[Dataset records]
▼

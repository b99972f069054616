//! Tests of the conversation, the findings and the texts, over bytes as nodes send them.

use crate::group::{GroupFacts, NodeFacts, SentinelFacts};
use crate::infos_read::node_said;
use crate::rows::sentinel_said;
use crate::said::{NodeSaid, SentinelSaid, Trouble, Unsaid};
use crate::status::Status;
use crate::talks::Talk;
use crate::targets::Credentials;
use ballot_law::{Addr, Name, NoMemory, RunId};
use resp2::{OutText, push_bulk, push_line, push_words};
use std::alloc::Global;
use std::test::Fail;

/// The replication section of a replica's INFO, as Redis 7.0.15 sent it, with lines of others around it.
const REPLICA_INFO: &[u8] = b"# Persistence\r\nloading:0\r\nasync_loading:0\r\n\r\n\
# Replication\r\nrole:slave\r\nmaster_host:10.0.0.1\r\nmaster_port:6379\r\nmaster_link_status:up\r\n\
master_last_io_seconds_ago:0\r\nmaster_sync_in_progress:0\r\nslave_read_repl_offset:2788\r\n\
slave_repl_offset:2788\r\nslave_priority:100\r\nslave_read_only:1\r\nreplica_announced:1\r\n\
connected_slaves:0\r\nmaster_failover_state:no-failover\r\nmaster_repl_offset:2788\r\n\r\n# CPU\r\n";

/// That of its master.
const MASTER_INFO: &[u8] =
    b"# Persistence\r\nloading:0\r\n\r\n# Replication\r\nrole:master\r\nconnected_slaves:1\r\n\
slave0:ip=10.0.0.2,port=6379,state=online,offset=2788,lag=0\r\nmaster_failover_state:no-failover\r\n\
master_repl_offset:3000\r\nsecond_repl_offset:-1\r\n";

const FIRST_ID: &[u8] = b"aaaaaaaaaaaaaaaaaaaaaaaaaaaaaaaaaaaaaaaa";

const SECOND_ID: &[u8] = b"bbbbbbbbbbbbbbbbbbbbbbbbbbbbbbbbbbbbbbbb";

/// What a Sentinel of a group of two says: its own run id and ip, those of the other one, and what tests change.
#[derive(Clone, Copy)]
struct Says<'a> {
    id: &'a [u8],
    other: (&'a [u8], &'a [u8]),
    tilt: &'a [u8],
    flags: &'a [u8],
    epoch: &'a [u8],
    other_flags: &'a [u8],
    quorum: &'a [u8],
}

/// What the first Sentinel says where all is well.
const FIRST: Says<'static> = Says {
    id: FIRST_ID,
    other: (SECOND_ID, b"10.0.0.2"),
    tilt: b"sentinel_masters:1\r\nsentinel_tilt:0\r\n",
    flags: b"master",
    epoch: b"7",
    other_flags: b"sentinel",
    quorum: b"+OK 2 usable Sentinels. Quorum and failover authorization can be reached",
};

/// What the second one says.
const SECOND: Says<'static> = Says {
    id: SECOND_ID,
    other: (FIRST_ID, b"10.0.0.1"),
    ..FIRST
};

/// Adds an array of one row.
fn add_row(text: &mut OutText, row: &[&[u8]]) -> Result<(), NoMemory> {
    push_line(text, b"*1")?;
    push_words(text, row)
}

/// Its answers to the first three questions.
fn first_answers(alloc: Global, says: Says<'_>) -> Result<OutText, NoMemory> {
    let mut text = OutText::new(alloc);
    push_bulk(&mut text, says.id)?;
    push_bulk(&mut text, says.tilt)?;
    let (flags, epoch): (&[u8], &[u8]) = (says.flags, says.epoch);
    add_row(
        &mut text,
        &[
            b"name",
            b"mymaster",
            b"ip",
            b"10.0.0.1",
            b"port",
            b"6379",
            b"flags",
            flags,
            b"config-epoch",
            epoch,
        ],
    )?;
    Ok(text)
}

/// Its answers about the master.
fn later_answers(alloc: Global, says: Says<'_>) -> Result<OutText, NoMemory> {
    let mut text = OutText::new(alloc);
    add_row(
        &mut text,
        &[
            b"name",
            b"10.0.0.2:6379",
            b"ip",
            b"10.0.0.2",
            b"port",
            b"6379",
            b"flags",
            b"slave",
        ],
    )?;
    let (id, ip) = says.other;
    add_row(
        &mut text,
        &[
            b"name",
            id,
            b"ip",
            ip,
            b"port",
            b"26379",
            b"runid",
            id,
            b"flags",
            says.other_flags,
            b"voted-leader",
            FIRST_ID,
            b"voted-leader-epoch",
            b"7",
        ],
    )?;
    push_line(&mut text, says.quorum)?;
    Ok(text)
}

/// No login.
fn nobody(alloc: Global) -> Result<Credentials, NoMemory> {
    Credentials::of(alloc, b"", b"")
}

/// Has a conversation hear these bytes, a few at a time.
fn hear_all(talk: &mut Talk, bytes: &[u8]) -> Result<(), NoMemory> {
    for piece in bytes.chunks(7) {
        talk.hear(piece)?;
    }
    Ok(())
}

/// What a Sentinel said that says this.
fn heard(alloc: Global, says: Says<'_>) -> Result<SentinelSaid, Unsaid> {
    let mut talk = Talk::with_sentinel(alloc, &nobody(alloc)?)?;
    hear_all(&mut talk, first_answers(alloc, says)?.as_slice())?;
    hear_all(&mut talk, later_answers(alloc, says)?.as_slice())?;
    sentinel_said(alloc, talk.answers()?)
}

/// What a data node said by this INFO.
fn info_heard(alloc: Global, info: &[u8]) -> Result<NodeSaid, Unsaid> {
    let mut text = OutText::new(alloc);
    push_bulk(&mut text, info)?;
    let mut talk = Talk::with_data_node(alloc, &nobody(alloc)?)?;
    hear_all(&mut talk, text.as_slice())?;
    node_said(talk.answers()?)
}

/// Why nothing is taken of a node that sends these bytes.
fn refused(alloc: Global, bytes: &[u8]) -> Result<Option<Trouble>, NoMemory> {
    let mut talk = Talk::with_sentinel(alloc, &nobody(alloc)?)?;
    hear_all(&mut talk, bytes)?;
    match talk.answers() {
        Err(Unsaid::Trouble(trouble)) => Ok(Some(trouble)),
        _ => Ok(None),
    }
}

/// An address of the test's network.
fn at(host: u32, port: u16) -> Addr {
    Addr {
        ip: 167_772_160 + host % 256,
        port,
    }
}

/// The run id of forty equal digits.
fn id_of(digit: u32) -> RunId {
    let lo = digit % 16 * 0x1111_1111;
    let wide = u128::from(lo);
    let half = wide << 32 | wide;
    RunId {
        hi: half << 64 | half,
        lo,
    }
}

/// A group of two Sentinels that say this, a master and a replica.
fn group_of(
    alloc: Global,
    said: [Result<SentinelSaid, Trouble>; 2],
    nodes: [Result<NodeSaid, Trouble>; 2],
) -> Result<GroupFacts, Fail> {
    let master = Name::from_slice(b"mymaster").ok_or("no name")?;
    let [first, second] = said;
    let [leads, follows] = nodes;
    let first = SentinelFacts {
        addr: at(1, 26379),
        known_id: Some(id_of(10)),
        said: first,
    };
    let second = SentinelFacts {
        addr: at(2, 26379),
        known_id: Some(id_of(11)),
        said: second,
    };
    let leads = NodeFacts {
        addr: at(1, 6379),
        master,
        said: leads,
    };
    let follows = NodeFacts {
        addr: at(2, 6379),
        master,
        said: follows,
    };
    Ok(GroupFacts {
        masters: vec![in alloc; master]?,
        sentinels: vec![in alloc; first, second]?,
        nodes: vec![in alloc; leads, follows]?,
        left_out: 0,
    })
}

/// What is told of the group in which the second Sentinel says this, and the data nodes send these INFOs.
fn told(rt: HostRuntime, says: Says<'_>, infos: [&[u8]; 2]) -> Result<Status, Fail> {
    let alloc = rt.alloc();
    let first = heard(alloc, FIRST).map_err(|_| "the first Sentinel is unread")?;
    let second = heard(alloc, says).map_err(|_| "the second Sentinel is unread")?;
    let [leads, follows] = infos;
    let leads = info_heard(alloc, leads).map_err(|_| "the master is unread")?;
    let follows = info_heard(alloc, follows).map_err(|_| "the replica is unread")?;
    let group = group_of(alloc, [Ok(first), Ok(second)], [Ok(leads), Ok(follows)])?;
    Ok(Status::of(alloc, group).map_err(|_| "no memory")?)
}

/// The sentences of what isn't well, each on a line.
fn sentences(rt: HostRuntime, status: &Status) -> Result<String, Fail> {
    let mut text = String::new(rt.alloc());
    for finding in &status.findings {
        let finding = *finding;
        let line = format!(in rt.alloc(); "{finding}\n")?;
        text.push_str(line.as_str())?;
    }
    Ok(text)
}

#[test]
fn a_healthy_group_is_well(rt: HostRuntime) -> Result<(), Fail> {
    let status = told(rt, SECOND, [MASTER_INFO, REPLICA_INFO])?;
    assert_eq!(rt; sentences(rt, &status)?.as_str(), "");
    assert!(rt; status.is_well());
    let page = status.page(rt.alloc()).map_err(|_| "no page")?;
    assert_eq!(rt;
        page.as_str(),
        "\
mymaster  10.0.0.1:6379 since epoch 7
  Sentinel               epoch   tells                  finds   last vote                 usable
  10.0.0.1:26379         7       10.0.0.1:6379          up      7 10.0.0.1:26379          2
  10.0.0.2:26379         7       10.0.0.1:6379          up      7 10.0.0.1:26379          2
  data node              role      link    lag, bytes    priority  listed by
  10.0.0.1:6379          master    -       -             100       -
  10.0.0.2:6379          replica   up      212           100       2 of 2

well
"
    );
    Ok(())
}

#[test]
fn the_object_has_all_facts(rt: HostRuntime) -> Result<(), Fail> {
    let status = told(rt, SECOND, [MASTER_INFO, REPLICA_INFO])?;
    let json = status.json(rt.alloc()).map_err(|_| "no object")?;
    for wanted in [
        r#"{"well":true,"masters":[{"name":"mymaster","address":"10.0.0.1:6379","epoch":7}],"#,
        r#""sentinels":[{"address":"10.0.0.1:26379","run_id":"aaaaaaaaaaaaaaaaaaaaaaaaaaaaaaaaaaaaaaaa","#,
        r#""failover":false,"quorum":true,"usable":2,"replicas":[{"address":"10.0.0.2:6379","s_down":false}],"#,
        r#""priority":100,"offset":2788,"follows":"10.0.0.1:6379","lag":212,"listed_by":2,"told_by":2}],"#,
        r#""findings":[]}"#,
    ] {
        assert!(rt; json.as_str().contains(wanted));
    }
    Ok(())
}

#[test]
fn what_a_sentinel_tells_is_found(rt: HostRuntime) -> Result<(), Fail> {
    let says = Says {
        tilt: b"sentinel_tilt:1\r\n",
        flags: b"s_down,o_down,master,failover_in_progress",
        epoch: b"6",
        other_flags: b"s_down,sentinel,disconnected",
        quorum: b"-NOQUORUM 1 usable Sentinels. Not enough available Sentinels to reach the majority",
        ..SECOND
    };
    let status = told(rt, says, [MASTER_INFO, REPLICA_INFO])?;
    assert!(rt; !status.is_well());
    assert_eq!(rt;
        sentences(rt, &status)?.as_str(),
        "\
Sentinel 10.0.0.2:26379 is in TILT and begins nothing for 30 s: see its machine, whose clock jumped or that stood still
Sentinel 10.0.0.2:26379 tells epoch 6 of mymaster, and the newest is 7: it hears no hello, so see its links to \
the data nodes and its rights there
Sentinel 10.0.0.2:26379 finds the master of mymaster down with enough others (o_down): a failover comes, if a \
majority and a replica are up
Sentinel 10.0.0.2:26379 runs a failover of mymaster: wait until it ends
Sentinel 10.0.0.2:26379 counts 1 usable Sentinels for mymaster, too few for a failover: start the others, see \
the network and the ports' passwords
Sentinel 10.0.0.2:26379 finds Sentinel 10.0.0.1:26379 down for mymaster, which answers here: see the network \
and the ports' passwords between the two
"
    );
    Ok(())
}

#[test]
fn what_data_nodes_say_is_found(rt: HostRuntime) -> Result<(), Fail> {
    let lost =
        b"role:slave\r\nmaster_host:10.0.0.9\r\nmaster_port:6379\r\nmaster_link_status:down\r\n\
master_link_down_since_seconds:12\r\nslave_priority:0\r\n";
    let status = told(
        rt,
        SECOND,
        [
            b"loading:1\r\nrole:slave\r\nmaster_link_status:up\r\n",
            lost,
        ],
    )?;
    assert_eq!(rt;
        sentences(rt, &status)?.as_str(),
        "\
10.0.0.1:6379 of mymaster loads its data: wait, no Sentinel takes it for up before it is done
the master 10.0.0.1:6379 of mymaster calls itself a replica: if this lasts for 10 s, ask a Sentinel for \
SENTINEL FAILOVER mymaster
the replica 10.0.0.2:6379 of mymaster has had no link to its master for 12 s: see its `masterauth` and its log
the replica 10.0.0.2:6379 of mymaster follows 10.0.0.9:6379, and not 10.0.0.1:6379: Sentinels that list it \
correct it within some 10 s, if they may
each replica of mymaster has priority 0, so nobody can take over: CONFIG SET replica-priority 100 at one
"
    );
    Ok(())
}

#[test]
fn nodes_that_say_nothing_are_found(rt: HostRuntime) -> Result<(), Fail> {
    let alloc = rt.alloc();
    let first = heard(alloc, FIRST).map_err(|_| "the first Sentinel is unread")?;
    let leads = info_heard(alloc, MASTER_INFO).map_err(|_| "the master is unread")?;
    let silent = [Ok(first), Err(Trouble::Silent)];
    let group = group_of(alloc, silent, [Ok(leads), Err(Trouble::WrongPassword)])?;
    let status = Status::of(alloc, group).map_err(|_| "no memory")?;
    assert_eq!(rt;
        sentences(rt, &status)?.as_str(),
        "\
Sentinel 10.0.0.2:26379 didn't answer within two seconds: see its machine and its journal
the replica 10.0.0.2:6379 of mymaster refuses the login: write its password (`sentinel auth-pass`, `auth-user`) \
into all files
"
    );
    Ok(())
}

#[test]
fn refusals_are_told_apart(rt: HostRuntime) -> Result<(), Fail> {
    for (bytes, why) in [
        (
            b"-NOAUTH Authentication required.\r\n".as_slice(),
            Trouble::WantsPassword,
        ),
        (
            b"-WRONGPASS invalid username-password pair\r\n".as_slice(),
            Trouble::WrongPassword,
        ),
        (
            b"-DENIED Redis is running in protected mode\r\n".as_slice(),
            Trouble::Protected,
        ),
        (
            b"-ERR max number of clients reached\r\n".as_slice(),
            Trouble::Full,
        ),
        (b"HTTP/1.1 400 Bad Request\r\n".as_slice(), Trouble::Garbage),
    ] {
        let found = refused(rt.alloc(), bytes).map_err(|_| "no memory")?;
        assert!(rt; found == Some(why));
    }
    Ok(())
}

#[test]
fn a_login_goes_first(rt: HostRuntime) -> Result<(), Fail> {
    let alloc = rt.alloc();
    let login = Credentials::of(alloc, b"watcher", b"secret").map_err(|_| "no memory")?;
    let mut talk = Talk::with_data_node(alloc, &login).map_err(|_| "no memory")?;
    let wanted = b"*3\r\n$4\r\nAUTH\r\n$7\r\nwatcher\r\n$6\r\nsecret\r\n*1\r\n$4\r\nINFO\r\n";
    assert!(rt; talk.unsent() == wanted.as_slice());
    talk.sent(wanted.len());
    assert!(rt; talk.unsent().is_empty());
    let answers =
        b"-ERR AUTH <password> called without any password configured\r\n$13\r\nrole:master\r\n\r\n";
    hear_all(&mut talk, answers).map_err(|_| "no memory")?;
    assert!(rt; talk.is_over() && talk.answers().is_ok());
    Ok(())
}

▲

Only the count, nothing else: how many lines of the records hold the word "ports"?

2